Livemocha is available to students of all ages. Children under 13 must have written authorization from a school or other educational organization that registers them.

3. Dotsub: Subtitles are great for both increasing literacy in a native language and for learning other languages. Citizens of Scandinavian countries are renowned for their terrific English language acquisition, and this is often credited to the fact that they grow up with subtitled English television and so have plentiful exposure to the language.

Dotsub is a digital resource that capitalizes on the power of subtitles. It is a browser-based, one-stop, self-contained system for creating and viewing video subtitles in multiple languages across all platforms, including Web-based, mobile devices, and transcription and video editing systems. It’s easy to use, there’s nothing to buy or download, and it’s fun. You can upload your videos, transcribe and time-caption them, translate them into and from any language, and share them with the world.

Dotsub enables students not only to watch videos with subtitles in various languages but also to create the subtitles. The videos are translated in either a totally open “wiki” type of environment or closed with password-protected permissions, allowing video “owners” to decide who can view, transcribe, or translate their videos.

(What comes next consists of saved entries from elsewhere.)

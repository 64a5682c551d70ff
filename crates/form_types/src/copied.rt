//! The groups of a form are copied and numbered.

ghost use Rattle.std.specs.Prelude.{◌≡◌, map, IfOk, OnOk};
ghost use Rattle.wasm_spec.specs.Module.{groups};
ghost use Rattle.form_reader.specs.Views.{composite_of, sub_type_of, group_of, module_of};
ghost use Rattle.form_reader.specs.Input.{HasGroups, AddsGroups};
ghost use Rattle.form_types.specs.Taken.{IsNumberingOf};

use crate::numbering::Numbering;
use form_reader::{CompositeInnerType, Form, FuncType, GroupSink, InputEntry, RecGroup, SubType};
use std::alloc::{AllocError, Global};

fn copied_composite(
    alloc: Global,
    composite: &CompositeInnerType,
) -> Result<CompositeInnerType, AllocError>
    ensures { IfOk result (λ c. composite_of c ≡ composite_of composite.now) }
{
    match composite {
        CompositeInnerType::Func(function) => Ok(CompositeInnerType::Func(FuncType {
            params: Vec::from_slice(alloc, &function.params)?,
            results: Vec::from_slice(alloc, &function.results)?,
        })),
        CompositeInnerType::Array(field) => Ok(CompositeInnerType::Array(*field)),
        CompositeInnerType::Struct(fields) => {
            Ok(CompositeInnerType::Struct(Vec::from_slice(alloc, fields)?))
        }
        CompositeInnerType::Cont(index) => Ok(CompositeInnerType::Cont(*index)),
    }
}

fn copied_group(alloc: Global, group: &RecGroup) -> Result<RecGroup, AllocError>
    ensures { IfOk result (λ g. group_of g ≡ group_of group.now) }
{
    let mut types = Vec::with_capacity(alloc, group.types.len())?;
    for ty in &group.types {
        types.push(SubType {
            is_final: ty.is_final,
            supertype: ty.supertype,
            composite: copied_composite(alloc, &ty.composite)?,
        })?;
    }
    Ok(RecGroup { types })
}

/// Passes copies of some groups to the numbering.
fn push_copies(
    alloc: Global,
    groups: &[RecGroup],
    numbering: &mut Numbering,
) -> Result<(), AllocError>
    requires { HasGroups IsNumberingOf numbering.old }
    ensures { OnOk result (AddsGroups IsNumberingOf numbering.old numbering.new (map group_of groups.now)) }
{
    for group in groups {
        numbering.push_group(alloc, copied_group(alloc, group)?)?;
    }
    Ok(())
}

/// The numbering of the groups of a form.
pub fn numbering_of_form(alloc: Global, form: &Form<'_>) -> Result<Numbering, AllocError>
    ensures { IfOk result (λ n. IsNumberingOf n (groups (module_of form.now))) }
{
    let mut numbering = Numbering::new(alloc, form.wasm);
    for payload in &form.payloads {
        push_copies(alloc, RecGroup::in_payload(payload), &mut numbering)?;
    }
    Ok(numbering)
}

4. MovieStarPlanet is a social Web site (blending elements of Facebook and YouTube) where children and teens work together with friends to create cartoons. Users practice and improve their English skills by creating cartoons in a fun and innovative environment. This virtual world for students has been developed in collaboration with researchers from the Danish University of Education and a number of Danish elementary school teachers. The Danish Ministry of Science, Technology, and Innovation has supported it financially, and MovieStarPlanet is part of a research and development project dedicated to games in education, entitled Serious Games for a Global Marketplace. MovieStarPlanet is also available in 16 different languages, including German, French, and Spanish.

5. Online translation tools also provide interesting opportunities for language acquisition. For example, a language learner can Tweet, post, chat, or write an article and use a translation tool to convert it to another language quickly. The learner must then figure out if the translation is accurate and revise it so that it is. This exercise has the added benefit of enabling the learner to connect with those who speak other languages and also to learn information from other cultural contexts. It is also useful to see language translated in real time.

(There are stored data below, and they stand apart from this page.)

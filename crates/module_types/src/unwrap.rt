//! The composite types in a builder.

ghost use Rattle.std.specs.Prelude.{◌≡◌, Some, IsSome};
ghost use Rattle.wasm_types.specs.Views.{array_in, func_in, struct_in, exn_in};
ghost use Rattle.module_types.specs.TypeParts.{part_at, is_resource_drop, first_from};

use crate::builder::ModuleTypesBuilder;
use entity_map::EntityRef;
use wasm_index::ModuleInternedTypeIndex;
use wasm_types::{
    WasmArrayType, WasmCompositeInnerType, WasmExnType, WasmFuncType, WasmStructType, WasmValType,
};

// Whether it is a function type with one `i32` parameter and no result.
fn is_resource_drop(ty: &WasmCompositeInnerType) -> bool
    ensures { result ≡ is_resource_drop ty.now }
{
    match ty {
        WasmCompositeInnerType::Func(ty) => {
            matches!(ty.params(), [WasmValType::I32]) && ty.results().is_empty()
        }
        _ => false,
    }
}

impl ModuleTypesBuilder {
    /// The struct type at an index.
    pub fn unwrap_struct(&self, ty: ModuleInternedTypeIndex) -> &WasmStructType
        requires { IsSome (part_at struct_in self.now.list.types ty) }
        ensures { part_at struct_in self.now.list.types ty ≡ Some result.now }
    {
        self.interner.list[ty].composite_type.inner.unwrap_struct()
    }

    /// The array type at an index.
    pub fn unwrap_array(&self, ty: ModuleInternedTypeIndex) -> &WasmArrayType
        requires { IsSome (part_at array_in self.now.list.types ty) }
        ensures { part_at array_in self.now.list.types ty ≡ Some result.now }
    {
        self.interner.list[ty].composite_type.inner.unwrap_array()
    }

    /// The exception type at an index.
    pub fn unwrap_exn(&self, ty: ModuleInternedTypeIndex) -> &WasmExnType
        requires { IsSome (part_at exn_in self.now.list.types ty) }
        ensures { part_at exn_in self.now.list.types ty ≡ Some result.now }
    {
        self.interner.list[ty].composite_type.inner.unwrap_exn()
    }

    /// The function type at an index.
    pub fn unwrap_func(&self, ty: ModuleInternedTypeIndex) -> &WasmFuncType
        requires { IsSome (part_at func_in self.now.list.types ty) }
        ensures { part_at func_in self.now.list.types ty ≡ Some result.now }
    {
        self.interner.list[ty].composite_type.inner.unwrap_func()
    }

    /// The first function type with one `i32` parameter and no result.
    pub fn find_resource_drop_signature(&self) -> Option<ModuleInternedTypeIndex>
        ensures { result ≡ first_from is_resource_drop 0 self.now.list.types }
    {
        for i in 0..self.interner.list.len_types() {
            let index = ModuleInternedTypeIndex::new(i);
            if is_resource_drop(&self.interner.list[index].composite_type.inner) {
                return Some(index);
            }
        }
        None
    }
}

Here are some examples of how to do this:

Visit Wikipedia in another language to learn about an historical event. Of course, the student will need to figure out first what that event is called in that language. For example, in Spain they refer to the Spanish-American War as “La guerra hispano-estadounidense.” A student can read about it in Spanish and can also translate it into English for instant tutoring assistance. By hovering over any passage learners can see it in their native or new language. Anyone using this tool can also contribute to better translations.

I used translation tools to communicate with Arif Hidayat. Arif was working on his English, and using translation tools to communicate with me via chat helped to improve his English. We used Google Docs to write a collaborative article. I provided guidance and support on proper use of English, and in the end we created something we could share with the world.

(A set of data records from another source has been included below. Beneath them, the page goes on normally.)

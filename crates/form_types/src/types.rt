//! The list of types of a module, and look-ups in it.

ghost use Rattle.std.specs.Prelude.{◌≡◌, ◌<◌, length, slice_get, slice_index, Some};
ghost use Rattle.form_reader.specs.Views.{sub_type_of};
ghost use Rattle.form_types.specs.Types.{types_by_id, group_numbers, member_ids, TypesAreSound};

use crate::distinct::Distinct;
use crate::elements::{CoreTypeIds, RecGroupId};
use crate::validator::ValidatorId;
use form_reader::SubType;
use std::marker::Model;
use std::ops::Index;
use wasm_spec::CoreTypeId;

/// The types of a module, each once, and the id of each declared type.
///
/// The distinct groups are in the order of their first occurrence; ids number their members from 0
/// on, through all groups. Types name each other by ids.
#[derive(Drop)]
pub struct Types {
    pub(crate) validator: ValidatorId,
    pub(crate) distinct: Distinct,
    pub(crate) declared: Vec<CoreTypeId>,
    pub(crate) seed: u64,
}

impl Model for Types {
    ghost use Rattle.wasm_spec.specs.declared.types.CoreTypeId.{CoreTypeId};
    ghost use Rattle.form_types.specs.Types.{TypesData};
    ghost use Rattle.form_types.specs.Kept.{data_of, TypesAreKept};

    ghost Value = { TypesData };

    ghost view = { λ t. data_of t.validator t.distinct t.declared.items };

    ghost invariant = { λ t. TypesAreKept (data_of t.validator t.distinct t.declared.items) t.distinct };
}

impl Types {
    /// The number of the validator that made the list.
    pub fn id(&self) -> ValidatorId
        ensures made { result.0 ≡ self.now.validator }
        ensures sound { TypesAreSound self.now }
    {
        self.validator
    }

    /// A digest of the module's groups, from which hashers begin whose keys come from the same
    /// module. No clause says more about it. (This project's own.)
    pub fn seed(&self) -> u64 {
        self.seed
    }

    /// How many types are declared.
    pub fn core_type_count_in_module(&self) -> u32
        ensures { result ≡ length self.now.declared }
    {
        self.declared.len() as u32
    }

    /// The id of a declared type.
    pub fn core_type_at_in_module(&self, index: u32) -> CoreTypeId
        requires { index < length self.now.declared }
        ensures id { result.0 ≡ slice_index self.now.declared index }
        ensures known { result.0 < length (types_by_id self.now.groups) }
    {
        self.declared[index as usize]
    }

    /// The group that has the type of an id.
    pub fn rec_group_id_of(&self, id: CoreTypeId) -> RecGroupId
        requires { id.0 < length (types_by_id self.now.groups) }
        ensures number { slice_get (group_numbers 0 self.now.groups) id.0 ≡ Some result.0 }
        ensures known { result.0 < length self.now.groups }
    {
        RecGroupId(self.distinct.numbers[id.0 as usize])
    }

    /// The ids of the members of a group, in order.
    pub fn rec_group_elements(&self, group: RecGroupId) -> CoreTypeIds
        requires { group.0 < length self.now.groups }
        ensures { slice_get (member_ids 0 self.now.groups) group.0 ≡ Some result }
    {
        let (first, end) = self.distinct.spans[group.0 as usize];
        CoreTypeIds::between(first, end)
    }
}

/// The type of an id, which names types by ids.
impl Index<CoreTypeId> for Types {
    type Output = SubType;

    ghost can_index = { λ t id. id.0 < length (types_by_id t.groups) };

    ghost index_gives = { λ t id ty. slice_get (types_by_id t.groups) id.0 ≡ Some (sub_type_of ty) };

    fn index(&self, id: CoreTypeId) -> &SubType {
        self.distinct.type_of(id)
    }
}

I’ve also had the pleasure of chatting with parents of students who speak different languages, using Google Translate. Not only does this tool provide live translation, but it will also speak the language.

Technology provides amazing ways for us to acquire new languages and to communicate with and understand people from other countries. The possibilities are exciting. Which of these resources have you tried, or might you try, with your students? What have you found to be effective, or what do you feel would help your students get excited about learning a new language?